Originally posted by Goggles Pizzano

Originally posted by briderdt

Originally posted by Goggles Pizzano So you would be more level across the run ? As opposed to ej who heads out a little quicker before settling into his pace.

It's a mental thing, not a pace thing.

That's a good point.  I wonder at times if I get too hung up on pace, course - weather dependent vs more all out.  I am usually a wheezing hunched over mess at the end of a sprint.  After blowing up a bit on a tempo run yesterday with about a mile to go and having a WT_ moment I started replaying things.  Then going over what I'd normally be thinking in a race.  Which got me to wondering what someone more confident or more experience thinks about during the run.  The opposite for me would be the swim.  There's really no thought process needed.  I don't have to worry about pacing by looking at a watch vs distance vs really anything and I know within a few seconds what my swim time will be.  When I see other runners I do think a lot about what's going on in their head.  Are they listening to their legs, watching their pace, do they just feel like crap.  Do they know they are just going to be running at X;XX min miles.  I wish I could turn my mind off more during the run I think is what I am finding. 

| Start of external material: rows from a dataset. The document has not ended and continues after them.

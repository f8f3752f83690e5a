//! The commands, and the words that ask them.

ghost use Rattle.std.specs.Prelude.{◌≡◌, ◌≤◌, Some, None, map, string_bytes, IfOk, IfErr, IfSome, IsTrue, IsFalse};
ghost use Rattle.std.specs.Option.{option_copied};
ghost use Rattle.ss_town.specs.Limits.{most_connections, most_workers};
ghost use Rattle.ss_words.specs.Refused.{AsksNothing};
ghost use Rattle.ss_words.specs.Commands.{answer_in, answer_words, edit_in, merge_words, rehearse_words, sync_in};
ghost use Rattle.ss_words.specs.Commands.{sync_words, manner_of, most_from, logs_of, logs_in, serve_in, serve_words};
ghost use Rattle.ss_words.specs.Commands.{command_in, IsAddress, HasAddress, HasNumber, HasRange, AsksOf, Asks};

use crate::actions::{Action, action_in, wrong_count};
use crate::lines::{Line, read_line};
use crate::names::{Name, OptionName};
use crate::refusals::{Cause, WordsFault};
use crate::urls::{Server, read_server};
use crate::values::{Uids, accounts_in, copied, given, number_given, number_in, uid_in};
use ss_route::Manner;
use ss_text::Word;
use ss_town::limits::{MOST_CONNECTIONS, MOST_WORKERS};
use std::alloc::{AllocError, Global};
use std::net::SocketAddrV4;

/// The greatest number of 12 digits.
const MOST: u64 = 999_999_999_999;

/// The greatest number of the first term whose logs are kept.
const MOST_FROM: u64 = 999_999;

/// `answer UID [--at N]`
#[derive(Drop, Debug)]
pub struct AnswerCommand {
    /// The account's number.
    pub uid: u32,

    /// The first reading of the clock, in hundredths of a second, from which it counts upwards; None is the clock that
    /// is handed in.
    pub at: Option<u64>,
}

/// `edit ACTION .. [--at N]`
#[derive(Drop, Debug)]
pub struct EditCommand {
    pub action: Action,

    /// The time of the change, in hundredths of a second; None is the reading of the clock that is handed in.
    pub at: Option<u64>,
}

/// `rehearse N S`
#[derive(Drop, Debug)]
pub struct RehearseCommand {
    /// How many items: 1 to 15,000.
    pub items: u64,

    /// What the random choices begin from: up to 999,999,999,999.
    pub seed: u64,
}

/// `sync URL FILE [--newer]`
#[derive(Drop, Debug)]
pub struct SyncCommand {
    pub server: Server,

    /// The name of the device's file.
    pub file: Word,

    /// Whether only what is newer is fetched.
    pub newer: bool,
}

/// The folder that keeps the logs of a server's terms, and the number of the first term.
#[derive(Drop, Debug)]
pub struct LogFolder {
    /// The name of the folder, which isn't empty.
    pub folder: Word,

    /// 1 to 999,999, 1 where nothing is said.
    pub from: u64,
}

/// `serve ADDRESS FOLDER UID .. [--workers N] [--connections N] [--terms N] [--firefox] [--journal FOLDER [--from N]]`
#[derive(Drop, Debug)]
pub struct ServeCommand {
    /// An IPv4 address, a colon and a port, whose numbers have no leading zero.
    pub address: Word,

    /// The folder that holds `<uid>.db` for each account.
    pub folder: Word,

    /// 1 to 8 accounts, none twice.
    pub uids: Uids,

    /// 1 to 16, 4 where nothing is said.
    pub workers: u64,

    /// Of one term: 1 to 1,000, 100 where nothing is said.
    pub connections: u64,

    /// 0, which is the default, means without end.
    pub terms: u64,

    /// How conditions are read: as browsers mean them with `--firefox`, else by the letter of the API.
    pub manner: Manner,

    /// Where the logs of terms are kept, if they are.
    pub logs: Option<LogFolder>,
}

/// What words ask.
#[derive(Drop, Debug)]
pub enum Command {
    Answer(AnswerCommand),
    Edit(EditCommand),
    Merge,
    Rehearse(RehearseCommand),
    Sync(SyncCommand),
    Serve(ServeCommand),
}

#[tactic(auto, unfolding(crate::specs::Commands::answer_in))]
fn answer_in<'a>(line: &Line<'a>) -> Result<Command, WordsFault<'a>>
    ensures ok { IfOk result (λ command. answer_in line.now ≡ Some command) }
    ensures range { IfOk result HasRange }
    ensures refused { IfErr result (λ fault. answer_in line.now ≡ None) }
{
    let at = number_given(line, OptionName::At, 0, MOST)?;
    match line.positionals() {
        [uid] => Ok(Command::Answer(AnswerCommand {
            uid: uid_in(uid)?,
            at,
        })),
        words => Err(wrong_count(words, 1)),
    }
}

#[tactic(auto, unfolding(crate::specs::Commands::edit_in))]
fn edit_in<'a>(alloc: Global, line: &Line<'a>) -> Result<Command, WordsFault<'a>>
    ensures ok { IfOk result (λ command. edit_in line.now ≡ Some command) }
    ensures range { IfOk result HasRange }
    ensures refused { IfErr result (λ fault. AsksNothing fault → edit_in line.now ≡ None) }
{
    let at = number_given(line, OptionName::At, 0, MOST)?;
    let action = action_in(alloc, line.positionals())?;
    Ok(Command::Edit(EditCommand { action, at }))
}

fn merge_in<'a>(line: &Line<'a>) -> Result<Command, WordsFault<'a>>
    ensures ok { IfOk result (λ command. merge_words line.now.positionals ≡ Some command) }
    ensures range { IfOk result HasRange }
    ensures refused { IfErr result (λ fault. merge_words line.now.positionals ≡ None) }
{
    match line.positionals() {
        [] => Ok(Command::Merge),
        words => Err(wrong_count(words, 0)),
    }
}

fn rehearse_in<'a>(line: &Line<'a>) -> Result<Command, WordsFault<'a>>
    ensures ok { IfOk result (λ command. rehearse_words line.now.positionals ≡ Some command) }
    ensures range { IfOk result HasRange }
    ensures refused { IfErr result (λ fault. rehearse_words line.now.positionals ≡ None) }
{
    match line.positionals() {
        [items, seed] => Ok(Command::Rehearse(RehearseCommand {
            items: number_in(items, 1, 15_000)?,
            seed: number_in(seed, 0, MOST)?,
        })),
        words => Err(wrong_count(words, 2)),
    }
}

#[tactic(auto, unfolding(crate::specs::Commands::sync_in))]
fn sync_in<'a>(alloc: Global, line: &Line<'a>) -> Result<Command, WordsFault<'a>>
    ensures ok { IfOk result (λ command. sync_in line.now ≡ Some command) }
    ensures range { IfOk result HasRange }
    ensures refused { IfErr result (λ fault. AsksNothing fault → sync_in line.now ≡ None) }
{
    let newer = given(line, OptionName::Newer)?.is_some();
    match line.positionals() {
        [url, file] => Ok(Command::Sync(SyncCommand {
            server: read_server(alloc, url)?,
            file: copied(alloc, file)?,
            newer,
        })),
        words => Err(wrong_count(words, 2)),
    }
}

/// The numbers of a server: of its workers, of the connections of one term, and of its terms.
#[derive(Clone, Copy)]
struct Sizes {
    workers: u64,
    connections: u64,
    terms: u64,
}

/// How a server reads conditions, by the option `--firefox`.
fn manner_of(firefox: Option<&str>) -> Manner
    ensures { result ≡ manner_of (option_copied firefox.entry) }
{
    match firefox {
        None => Manner::Profile,
        Some(_) => Manner::Browser,
    }
}

/// A folder of logs, by what `--journal` and `--from` say.
fn log_folder<'a>(
    alloc: Global,
    folder: &'a str,
    from: Option<u64>,
) -> Result<LogFolder, WordsFault<'a>>
    requires { IfSome from (λ from. (1 ≤ from) × (from ≤ most_from)) }
    ensures ok { IfOk result (λ logs. logs_of (Some folder.now) from ≡ Some (Some logs)) }
    ensures range { IfOk result HasNumber }
    ensures refused { IfErr result (λ fault. AsksNothing fault → logs_of (Some folder.now) from ≡ None) }
{
    if folder.is_empty() {
        return Err(WordsFault::at(Cause::NoValue, OptionName::Journal.text()));
    }
    Ok(LogFolder {
        folder: copied(alloc, folder)?,
        from: from.unwrap_or(1),
    })
}

/// Where the logs of terms are kept, by `--journal` and `--from`.
#[tactic(auto, unfolding(crate::specs::Commands::logs_in))]
fn logs_in<'a>(alloc: Global, line: &Line<'a>) -> Result<Option<LogFolder>, WordsFault<'a>>
    ensures ok { IfOk result (λ logs. logs_in line.now ≡ Some logs) }
    ensures range { IfOk result (λ logs. IfSome logs HasNumber) }
    ensures refused { IfErr result (λ fault. AsksNothing fault → logs_in line.now ≡ None) }
{
    let from = number_given(line, OptionName::From, 1, MOST_FROM)?;
    match (given(line, OptionName::Journal)?, from) {
        (Some(folder), from) => Ok(Some(log_folder(alloc, folder, from)?)),
        (None, Some(_)) => Err(WordsFault::at(Cause::NoJournal, OptionName::From.text())),
        (None, None) => Ok(None),
    }
}

fn serve_words<'a>(
    alloc: Global,
    sizes: Sizes,
    manner: Manner,
    logs: Option<LogFolder>,
    words: &[&'a str],
) -> Result<Command, WordsFault<'a>>
    requires workers { (1 ≤ sizes.workers) × (sizes.workers ≤ most_workers) }
    requires connections { (1 ≤ sizes.connections) × (sizes.connections ≤ most_connections) }
    requires terms { sizes.terms ≤ 999999999999 }
    requires logs { IfSome logs HasNumber }
    ensures ok { IfOk result (λ command. serve_words sizes.workers sizes.connections sizes.terms
        manner logs (map (λ word. word.now) words.now) ≡ Some command) }
    ensures range { IfOk result HasRange }
    ensures refused { IfErr result (λ fault. AsksNothing fault → serve_words sizes.workers sizes.connections sizes.terms
        manner logs (map (λ word. word.now) words.now) ≡ None) }
{
    match words {
        [address, folder, uids @ ..] => Ok(Command::Serve(ServeCommand {
            address: copied(alloc, address)?,
            folder: copied(alloc, folder)?,
            uids: accounts_in(alloc, uids)?,
            workers: sizes.workers,
            connections: sizes.connections,
            terms: sizes.terms,
            manner,
            logs,
        })),
        _ => Err(WordsFault::missing(Cause::TooFew)),
    }
}

#[tactic(auto, unfolding(crate::specs::Commands::serve_in))]
fn serve_in<'a>(alloc: Global, line: &Line<'a>) -> Result<Command, WordsFault<'a>>
    ensures ok { IfOk result (λ command. serve_in line.now ≡ Some command) }
    ensures range { IfOk result HasRange }
    ensures refused { IfErr result (λ fault. AsksNothing fault → serve_in line.now ≡ None) }
{
    let workers = number_given(line, OptionName::Workers, 1, MOST_WORKERS)?;
    let connections = number_given(line, OptionName::Connections, 1, MOST_CONNECTIONS)?;
    let terms = number_given(line, OptionName::Terms, 0, MOST)?;
    let manner = manner_of(given(line, OptionName::Firefox)?);
    let logs = logs_in(alloc, line)?;
    let sizes = Sizes {
        workers: workers.unwrap_or(4),
        connections: connections.unwrap_or(100),
        terms: terms.unwrap_or(0),
    };
    serve_words(alloc, sizes, manner, logs, line.positionals())
}

fn command_in<'a>(alloc: Global, name: Name, line: &Line<'a>) -> Result<Command, WordsFault<'a>>
    ensures ok { IfOk result (λ command. command_in name line.now ≡ Some command) }
    ensures range { IfOk result HasRange }
    ensures refused { IfErr result (λ fault. AsksNothing fault → command_in name line.now ≡ None) }
{
    match name {
        Name::Answer => answer_in(line),
        Name::Edit => edit_in(alloc, line),
        Name::Merge => merge_in(line),
        Name::Rehearse => rehearse_in(line),
        Name::Sync => sync_in(alloc, line),
        Name::Serve => serve_in(alloc, line),
    }
}

/// Whether a text is an IPv4 address, a colon and a port, as they are written: a port that is read may have zeros at its
/// front.
fn is_address(alloc: Global, text: &str) -> Result<bool, AllocError>
    ensures yes { IfOk result (λ is. IsTrue is → IsAddress text.now) }
    ensures no { IfOk result (λ is. IsFalse is → IsAddress text.now → ⊥) }
{
    match SocketAddrV4::parse_ascii(text.as_bytes()) {
        Ok(address) => Ok(address.to_string(alloc)?.as_str() == text),
        Err(_) => Ok(false),
    }
}

/// Whether the address of a server is one.
fn has_address(alloc: Global, command: &Command) -> Result<bool, AllocError>
    ensures yes { IfOk result (λ has. IsTrue has → HasAddress command.now) }
    ensures no { IfOk result (λ has. IsFalse has → HasAddress command.now → ⊥) }
{
    match command {
        Command::Serve(serve) => is_address(alloc, serve.address.as_str()),
        Command::Answer(_)
        | Command::Edit(_)
        | Command::Merge
        | Command::Rehearse(_)
        | Command::Sync(_) => Ok(true),
    }
}

/// What the words behind the name of a command ask.
fn read_named<'a>(alloc: Global, name: Name, words: &'a [String]) -> Result<Command, WordsFault<'a>>
    ensures range { IfOk result HasRange }
    ensures ok { IfOk result (λ command. AsksOf name (map (λ word. string_bytes word) words.now) command) }
    ensures refused { IfErr result (λ fault. AsksNothing fault → (command : Command)
        → AsksOf name (map (λ word. string_bytes word) words.now) command → ⊥) }
{
    let line = match read_line(alloc, name, words) {
        Ok(line) => line,
        Err(fault) => return Err(fault),
    };
    let command = match command_in(alloc, name, &line) {
        Ok(command) => command,
        Err(fault) => return Err(fault),
    };
    if has_address(alloc, &command)? {
        Ok(command)
    } else {
        match line.positionals().first() {
            Some(word) => Err(WordsFault::at(Cause::Address, word)),
            None => Err(WordsFault::missing(Cause::Address)),
        }
    }
}

/// What the words ask; the first is the command's name. `Refused` comes exactly where they ask nothing.
pub fn read_command<'a>(alloc: Global, words: &'a [String]) -> Result<Command, WordsFault<'a>>
    ensures range { IfOk result HasRange }
    ensures asks { IfOk result (λ command. Asks (map (λ word. string_bytes word) words.now) command) }
    ensures refused { IfErr result (λ fault. AsksNothing fault → (command : Command)
        → Asks (map (λ word. string_bytes word) words.now) command → ⊥) }
{
    match words {
        [] => Err(WordsFault::missing(Cause::NoCommand)),
        [first, others @ ..] => match Name::read(first.as_str()) {
            Some(name) => read_named(alloc, name, others),
            None => Err(WordsFault::at(Cause::NoCommand, first.as_str())),
        },
    }
}
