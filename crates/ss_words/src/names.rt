//! The names of the commands and of their options.

ghost use Rattle.std.specs.Prelude.{◌≡◌, option_map};
ghost use Rattle.ss_words.specs.Names.{name_of, option_of, name_text, option_text, takes, has_value};

/// The name of a command: the first word.
#[derive(Clone, Copy, Debug, PartialEq, Eq)]
pub enum Name {
    Answer,
    Edit,
    Merge,
    Rehearse,
    Sync,
    Serve,
}

/// An option, which may stand anywhere behind the command's name.
#[derive(Clone, Copy, Debug, PartialEq, Eq)]
pub enum OptionName {
    /// `--at N`: the first reading of the clock, in hundredths of a second.
    At,

    /// `--newer`, without a value: only what is newer is fetched.
    Newer,

    /// `--workers N`
    Workers,

    /// `--connections N`: of one term.
    Connections,

    /// `--terms N`; 0 means without end.
    Terms,

    /// `--firefox`, without a value: conditions are read as Firefox means them.
    Firefox,

    /// `--journal FOLDER`: the logs of terms are kept there.
    Journal,

    /// `--from N`: the number of the first term whose logs are kept.
    From,
}

impl Name {
    /// The command of this name.
    #[tactic(auto, unfolding(crate::specs::Names::name_of))]
    pub fn read(text: &str) -> Option<Name>
        ensures { result ≡ name_of text.now }
    {
        match text {
            "answer" => Some(Name::Answer),
            "edit" => Some(Name::Edit),
            "merge" => Some(Name::Merge),
            "rehearse" => Some(Name::Rehearse),
            "sync" => Some(Name::Sync),
            "serve" => Some(Name::Serve),
            _ => None,
        }
    }

    /// The name itself.
    pub fn text(self) -> &'static str
        ensures { result.now ≡ name_text self }
    {
        match self {
            Name::Answer => "answer",
            Name::Edit => "edit",
            Name::Merge => "merge",
            Name::Rehearse => "rehearse",
            Name::Sync => "sync",
            Name::Serve => "serve",
        }
    }

    /// Whether the command has this option.
    pub(crate) fn takes(self, option: OptionName) -> bool
        ensures { result ≡ takes self option }
    {
        match self {
            Name::Answer | Name::Edit => matches!(option, OptionName::At),
            Name::Sync => matches!(option, OptionName::Newer),
            Name::Serve => matches!(
                option,
                OptionName::Workers
                    | OptionName::Connections
                    | OptionName::Terms
                    | OptionName::Firefox
                    | OptionName::Journal
                    | OptionName::From
            ),
            Name::Merge | Name::Rehearse => false,
        }
    }
}

impl OptionName {
    /// The option that this text writes, its dashes with it.
    #[tactic(auto, unfolding(crate::specs::Names::option_of))]
    pub fn read(text: &str) -> Option<OptionName>
        ensures { result ≡ option_of text.now }
    {
        match text {
            "--at" => Some(OptionName::At),
            "--newer" => Some(OptionName::Newer),
            "--workers" => Some(OptionName::Workers),
            "--connections" => Some(OptionName::Connections),
            "--terms" => Some(OptionName::Terms),
            "--firefox" => Some(OptionName::Firefox),
            "--journal" => Some(OptionName::Journal),
            "--from" => Some(OptionName::From),
            _ => None,
        }
    }

    /// The option as it is written, its dashes with it.
    pub fn text(self) -> &'static str
        ensures { result.now ≡ option_text self }
    {
        match self {
            OptionName::At => "--at",
            OptionName::Newer => "--newer",
            OptionName::Workers => "--workers",
            OptionName::Connections => "--connections",
            OptionName::Terms => "--terms",
            OptionName::Firefox => "--firefox",
            OptionName::Journal => "--journal",
            OptionName::From => "--from",
        }
    }

    /// Whether a value belongs to it.
    pub(crate) fn has_value(self) -> bool
        ensures { result ≡ has_value self }
    {
        !matches!(self, OptionName::Newer | OptionName::Firefox)
    }
}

After running a lot and consistently, I get to the point where I know my pace and HR pretty accurately without looking at my watch.  I'm close to that on the bike for HR and W after long training blocks.  Haven't gotten there on the swim entirely, but in a race I at least sense an impending blowup and can dial back for the race distance - but only learned after a couple sprint blow-ups years past...

This helps me a lot in being able to RACE rather than time trial.  In big races with multiple waves, it's less useful, but in smaller races the ability to tactically react to the situation is easier when you have a good sense of your pace/effort.

To the OP, my sprint pace is ballz out open 5k effort (but never hit that pace, for obvious reasons). Unlike Ben and many others, I don't often negative split.  I try to spin high cadence the last minute or two on the bike and that has helped come into the run with higher cadence and speed.  I usually have a slight positive split for the second half (although my last mile of a HM or quarter for a sprint are usually almost as fast as my first - with a little "belly" in the middle).

That pace varies with my fitness level, but the feeling of effort does not (cue LeMond quote here).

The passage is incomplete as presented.